«Il diabete è la prima cosa a cui penso appena apro gli occhi e l’ultima prima di andare a dormire. Nel senso che l’insulina è la prima cosa che faccio la mattina e la sera, prima di andare a letto, devo fare un’altra iniezione». È in questi termini che Maria Adele Piccardo, dottoressa in psicologia e dottoranda di ricerca in psicologia sociale – con focus sulla telemedicina e la gestione collaborativa della cura nella cronicità – descrive la convivenza con il diabete di tipo 1.

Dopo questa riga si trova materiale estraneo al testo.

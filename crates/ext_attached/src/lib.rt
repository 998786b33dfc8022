//! What is attached to a host: the state of a portable service, and the host without one of them.
//!
//! [`state_of`] tells whether an image is attached. [`detach`] plans the host without the attachment of a name, and [`without`]
//! gives the host without all attachments that attaching an image anew takes away, whose paths [`paths_without`] lists. All are
//! exact: a host without attachments is said as a function of the host. The host of a plan is valid and drawn from the host.
//! [`least_locked`] and those beside it find the least path that is in the way. The crates that attach services stand on this one.
#![tactic(auto)]

mod detached;
mod detaching;
mod errors;
mod going;
pub mod laws;
mod least;
mod state;
mod taking;

pub use detaching::detach;
pub use errors::DetachErr;
pub use least::{least_blocking, least_locked, least_standing};
pub use state::{State, is_attached, state_of, state_with};
pub use taking::{has_earlier, paths_without, without};
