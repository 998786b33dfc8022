// Whether an index tells owners and capabilities.
ghost use Rattle.std.specs.Prelude.{◌≡◌, not};
ghost use Rattle.std.specs.List.{list_any};
ghost use Rattle.ext_index.specs.Sections.{listed};
ghost use Rattle.ext_index.specs.ValidIndex.{has_owners, host_has_owners, tree_has_owners};
ghost use Rattle.ext_host.specs.Host.{past_tree};
ghost use Rattle.ext_tree.specs.Tree.{is_plain_entry};

use crate::sections::{Sections, sections_of_host, sections_of_past};
use ext_host::{Held, Host, Past};
use ext_text::Path;
use ext_tree::Entry;

/// Whether some entry of the host, or of a past tree, is not root's or has a capability.
pub(crate) fn host_has_owners(host: &Host) -> bool
    ensures { result ≡ host_has_owners host.now }
{
    have_owners(sections_of_host(host)) || pasts_have_owners(host.past.as_slice())
}

// Whether some entry of these past trees is.
fn pasts_have_owners(pasts: &[Past]) -> bool
    ensures { result ≡ list_any (λ past. tree_has_owners (past_tree past)) pasts.now }
{
    pasts.iter().any(|past| past_has_owners(past))
}

// Whether some entry of a past tree is.
fn past_has_owners(past: &Past) -> bool
    ensures { result ≡ tree_has_owners (past_tree past.now) }
{
    have_owners(sections_of_past(past))
}

// Whether some entry of either tree is.
fn have_owners(sections: Sections<'_>) -> bool
    ensures { result ≡ tree_has_owners (listed sections.entry) }
{
    has_owners(sections.root.pairs()) || has_owners(sections.lower.pairs())
}

// Whether one of these is.
fn has_owners(entries: &[(Path, Entry<Held>)]) -> bool
    ensures { result ≡ has_owners entries.now }
{
    entries.iter().any(|entry| is_owned(entry))
}

fn is_owned(entry: &(Path, Entry<Held>)) -> bool
    ensures { result ≡ not (is_plain_entry entry.now.1) }
{
    !entry.1.is_plain()
}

«Il diabete mi è stato diagnosticato il 18 aprile 2022, quindi appena pochi mesi fa. Per alcuni, la scoperta della malattia avviene con una semplice analisi del sangue. Nel mio caso, è arrivata alla fine di una sofferenza fisica che non riuscivo più a tollerare». Piccardo racconta di aver scoperto della sua malattia solo successivamente al ricovero ospedaliero, ormai in stato semi-comatoso: «Uno dei momenti emotivamente più forti è stato quando la dottoressa al cambio turno è venuta da me, si è seduta sul letto e mi ha detto: “è diabete di tipo 1, non si guarisce, non è colpa tua”. Anche se non avevo ancora ben realizzato cosa avrebbe comportato, questa frase mi ha lasciata senza fiato. Ho realizzato non solo che sarei stata per sempre malata ma che avrei avuto bisogno di un farmaco per sopravvivere».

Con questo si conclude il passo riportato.